__PROBLEM TO WORK ON__. The full set of records must be printed exactly as given.

━━━━━ SUPPLIED MATERIAL ━━━━━

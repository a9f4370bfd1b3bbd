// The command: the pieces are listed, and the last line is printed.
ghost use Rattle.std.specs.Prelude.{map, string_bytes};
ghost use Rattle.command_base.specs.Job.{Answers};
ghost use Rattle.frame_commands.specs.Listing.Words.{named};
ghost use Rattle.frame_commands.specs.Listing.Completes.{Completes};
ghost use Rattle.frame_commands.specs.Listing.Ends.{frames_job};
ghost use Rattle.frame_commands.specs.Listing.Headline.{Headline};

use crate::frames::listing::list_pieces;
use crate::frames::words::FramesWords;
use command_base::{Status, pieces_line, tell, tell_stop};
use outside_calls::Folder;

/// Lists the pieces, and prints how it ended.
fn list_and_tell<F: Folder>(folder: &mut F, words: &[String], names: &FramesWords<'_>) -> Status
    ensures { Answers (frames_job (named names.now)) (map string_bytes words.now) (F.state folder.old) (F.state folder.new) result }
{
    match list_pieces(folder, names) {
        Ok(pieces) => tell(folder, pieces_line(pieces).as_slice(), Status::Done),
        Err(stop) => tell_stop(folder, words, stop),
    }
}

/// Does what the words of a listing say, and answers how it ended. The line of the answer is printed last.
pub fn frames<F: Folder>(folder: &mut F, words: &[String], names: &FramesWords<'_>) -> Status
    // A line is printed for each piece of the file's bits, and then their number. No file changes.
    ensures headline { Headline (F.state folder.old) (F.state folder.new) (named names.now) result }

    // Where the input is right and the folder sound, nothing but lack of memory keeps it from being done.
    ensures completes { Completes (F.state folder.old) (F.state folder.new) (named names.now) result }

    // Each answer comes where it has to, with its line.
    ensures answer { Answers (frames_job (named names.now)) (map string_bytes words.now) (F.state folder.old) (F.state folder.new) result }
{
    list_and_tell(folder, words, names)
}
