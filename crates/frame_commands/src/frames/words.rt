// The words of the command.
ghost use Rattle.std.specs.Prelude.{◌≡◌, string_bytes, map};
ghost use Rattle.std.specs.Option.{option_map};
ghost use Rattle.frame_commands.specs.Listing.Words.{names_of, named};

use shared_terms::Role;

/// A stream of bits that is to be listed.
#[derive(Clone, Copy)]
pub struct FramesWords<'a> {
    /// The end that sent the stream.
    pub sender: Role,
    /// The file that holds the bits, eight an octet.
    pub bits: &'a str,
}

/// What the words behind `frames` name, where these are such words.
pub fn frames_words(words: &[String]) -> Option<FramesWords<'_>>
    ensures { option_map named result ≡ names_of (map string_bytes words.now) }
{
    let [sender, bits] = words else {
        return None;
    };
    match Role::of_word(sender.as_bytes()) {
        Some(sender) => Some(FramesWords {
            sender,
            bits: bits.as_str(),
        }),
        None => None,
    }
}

━━━━━

__EXERCISE ANSWER__.
repository a9f4370bfd1b3bbd
// The command: the pieces are listed, and the last line is printed.
ghost use Rattle.std.specs.Prelude.{map, string_bytes};
ghost use Rattle.command_base.specs.Job.{Answers};
ghost use Rattle.frame_commands.specs.Listing.Words.{named};
ghost use Rattle.frame_commands.specs.Listing.Completes.{Completes};
ghost use Rattle.frame_commands.specs.Listing.Ends.{frames_job};
ghost use Rattle.frame_commands.specs.Listing.Headline.{Headline};

use crate::frames::listing::list_pieces;
use crate::frames::words::FramesWords;
use command_base::{Status, pieces_line, tell, tell_stop};
use outside_calls::Folder;

/// Lists the pieces, and prints how it ended.
fn list_and_tell<F: Folder>(folder: &mut F, words: &[String], names: &FramesWords<'_>) -> Status
    ensures { Answers (frames_job (named names.now)) (map string_bytes words.now) (F.state folder.old) (F.state folder.new) result }
{
    match list_pieces(folder, names) {
        Ok(pieces) => tell(folder, pieces_line(pieces).as_slice(), Status::Done),
        Err(stop) => tell_stop(folder, words, stop),
    }
}

/// Does what the words of a listing say, and answers how it ended. The line of the answer is printed last.
pub fn frames<F: Folder>(folder: &mut F, words: &[String], names: &FramesWords<'_>) -> Status
    // A line is printed for each piece of the file's bits, and then their number. No file changes.
    ensures headline { Headline (F.state folder.old) (F.state folder.new) (named names.now) result }

    // Where the input is right and the folder sound, nothing but lack of memory keeps it from being done.
    ensures completes { Completes (F.state folder.old) (F.state folder.new) (named names.now) result }

    // Each answer comes where it has to, with its line.
    ensures answer { Answers (frames_job (named names.now)) (map string_bytes words.now) (F.state folder.old) (F.state folder.new) result }
{
    list_and_tell(folder, words, names)
}
filename crates/frame_commands/src/frames/words.rt
// The words of the command.
ghost use Rattle.std.specs.Prelude.{◌≡◌, string_bytes, map};
ghost use Rattle.std.specs.Option.{option_map};
ghost use Rattle.frame_commands.specs.Listing.Words.{names_of, named};

use shared_terms::Role;

/// A stream of bits that is to be listed.
#[derive(Clone, Copy)]
pub struct FramesWords<'a> {
    /// The end that sent the stream.
    pub sender: Role,
    /// The file that holds the bits, eight an octet.
    pub bits: &'a str,
}

/// What the words behind `frames` name, where these are such words.
pub fn frames_words(words: &[String]) -> Option<FramesWords<'_>>
    ensures { option_map named result ≡ names_of (map string_bytes words.now) }
{
    let [sender, bits] = words else {
        return None;
    };
    match Role::of_word(sender.as_bytes()) {
        Some(sender) => Some(FramesWords {
            sender,
            bits: bits.as_str(),
        }),
        None => None,
    }
}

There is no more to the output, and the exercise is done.